▶ **Raw data**
════
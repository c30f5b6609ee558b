//! What a change does to the tables, statement by statement within a transaction.
#![tactic(auto, using(store_transactions::proofs::StatementLemmas::stays_then))]

mod auth;
mod change;
mod exceptions;
mod granted;
mod holder;
mod holding;
mod row;

pub use change::make_change;
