//! What a change does to the tables.
ghost use Rattle.std.specs.Prelude.{◌≡◌, ◌≢◌, Err};
ghost use Rattle.registry.specs.Rows.{edited, changed_by_one};
ghost use Rattle.store_write.specs.steps.RowEdits.{with_new_auths, with_replaced_holdings, is_registration};
ghost use Rattle.store_transactions.specs.Statements.{IsReady, OnCleanDisk, StaysInside, IfDone};
ghost use Rattle.store_write.specs.steps.Statements.{IfEdited, HoldersBecome, each_holder};
ghost use Rattle.store_write.specs.Changes.{MakesChange, RowsBecome};

use crate::auth::{amend_auth, take_auth, take_auths};
use crate::exceptions::replace_files;
use crate::granted::take_grant;
use crate::holder::{is_registered, register, set_created, set_granted};
use crate::holding::take_holdings;
use crate::row::{HolderRow, put_rows};
use addr::{Name, Span};
use registry::{Auth, Change, Edit, Granted, HolderChange};
use sqlite::{Alter, Error, Transaction};
use std::slice;
use store_transactions::StoreFault;

/// Puts a grant, and its number as the counter.
fn put_new_grant<S: Alter>(
    tx: &mut Transaction<'_, S>,
    holder: &Name,
    grant: &Granted,
) -> Result<(), Error>
    requires { OnCleanDisk S.Store IsReady tx.old }
    ensures done { IfEdited S.Store result holder.now
        (edited (Edit.Grant grant.now)) tx.old tx.new }
    ensures inside { StaysInside S.Store tx.old tx.new }
{
    grant.put(tx, holder)?;
    set_granted(tx, holder, grant.number)
}

/// Puts authorizations, and sets how many were made at the holder.
fn put_new_auths<S: Alter>(
    tx: &mut Transaction<'_, S>,
    holder: &Name,
    auths: &[Auth],
    created: u32,
) -> Result<(), Error>
    requires { OnCleanDisk S.Store IsReady tx.old }
    ensures done { IfEdited S.Store result holder.now
        (with_new_auths auths.now created) tx.old tx.new }
    ensures inside { StaysInside S.Store tx.old tx.new }
{
    put_rows(tx, holder, auths)?;
    set_created(tx, holder, created)
}

/// Deletes some of the holder's runs, puts others, and deletes the authorizations of these numbers.
/// A new run may begin where a deleted one does, so the deletions come first.
fn replace_holdings<S: Alter>(
    tx: &mut Transaction<'_, S>,
    holder: &Name,
    removed: &[Span],
    added: &[Span],
    ended: &[u32],
) -> Result<(), Error>
    requires { OnCleanDisk S.Store IsReady tx.old }
    ensures done { IfEdited S.Store result holder.now
        (with_replaced_holdings removed.now added.now ended.now) tx.old tx.new }
    ensures inside { StaysInside S.Store tx.old tx.new }
{
    take_holdings(tx, holder, removed)?;
    put_rows(tx, holder, added)?;
    take_auths(tx, holder, ended)
}

/// Edits the rows of a registered holder. It cannot be registered again.
#[tactic(auto, using(crate::proofs::RowSteps::edited_same))]
fn edit_rows<S: Alter>(
    tx: &mut Transaction<'_, S>,
    holder: &Name,
    edit: &Edit,
) -> Result<(), StoreFault>
    requires { OnCleanDisk S.Store IsReady tx.old }
    ensures done { IfEdited S.Store result holder.now (edited edit.now) tx.old tx.new }
    ensures inside { StaysInside S.Store tx.old tx.new }
    ensures no_schema { result ≢ Err StoreFault.Schema }
{
    match edit {
        Edit::Register => return Err(StoreFault::Database),
        Edit::Hold {
            removed,
            added,
            ended,
        } => replace_holdings(tx, holder, removed, added, ended)?,
        Edit::Grant(granted) => put_new_grant(tx, holder, granted)?,
        Edit::Revoke(number) => take_grant(tx, holder, *number)?,
        Edit::Create(auth) => put_new_auths(tx, holder, slice::from_ref(auth), auth.number)?,
        Edit::Import { auths, created } => put_new_auths(tx, holder, auths, *created)?,
        Edit::Amend(auth) => amend_auth(tx, holder, auth)?,
        Edit::Withdraw(number) => take_auth(tx, holder, *number)?,
    }
    Ok(())
}

/// Whether the edit is the registration of the holder.
fn is_registration(edit: &Edit) -> bool
    ensures { result ≡ is_registration edit.now }
{
    matches!(edit, Edit::Register)
}

/// Edits the rows of one holder.
fn edit_holder<S: Alter>(
    tx: &mut Transaction<'_, S>,
    change: &HolderChange,
) -> Result<(), StoreFault>
    requires { OnCleanDisk S.Store IsReady tx.old }
    ensures done { IfDone S.Store result
        (MakesChange (HoldersBecome (each_holder (changed_by_one change.now)))) tx.old tx.new }
    ensures inside { StaysInside S.Store tx.old tx.new }
    ensures no_schema { result ≢ Err StoreFault.Schema }
{
    if is_registered(tx, &change.holder)? {
        return edit_rows(tx, &change.holder, &change.edit);
    }
    if is_registration(&change.edit) {
        register(tx, &change.holder)?;
    }
    Ok(())
}

/// Makes the change.
pub fn make_change<S: Alter>(tx: &mut Transaction<'_, S>, change: &Change) -> Result<(), StoreFault>
    requires { OnCleanDisk S.Store IsReady tx.old }
    ensures done { IfDone S.Store result
        (MakesChange (RowsBecome change.now)) tx.old tx.new }
    ensures inside { StaysInside S.Store tx.old tx.new }
    ensures no_schema { result ≢ Err StoreFault.Schema }
{
    match change {
        Change::Holders { first, second } => {
            edit_holder(tx, first)?;
            if let Some(second) = second {
                edit_holder(tx, second)?;
            }
        }
        Change::Exceptions(files) => replace_files(tx, files)?,
    }
    Ok(())
}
════
▶ **What you have to do**
Show all lines above containing "Alter".

▶ **Your response**
use sqlite::{Alter, Error, Transaction};
fn put_new_grant<S: Alter>(
fn put_new_auths<S: Alter>(
fn replace_holdings<S: Alter>(
fn edit_rows<S: Alter>(
fn edit_holder<S: Alter>(
pub fn make_change<S: Alter>(tx: &mut Transaction<'_, S>, change: &Change) -> Result<(), StoreFault>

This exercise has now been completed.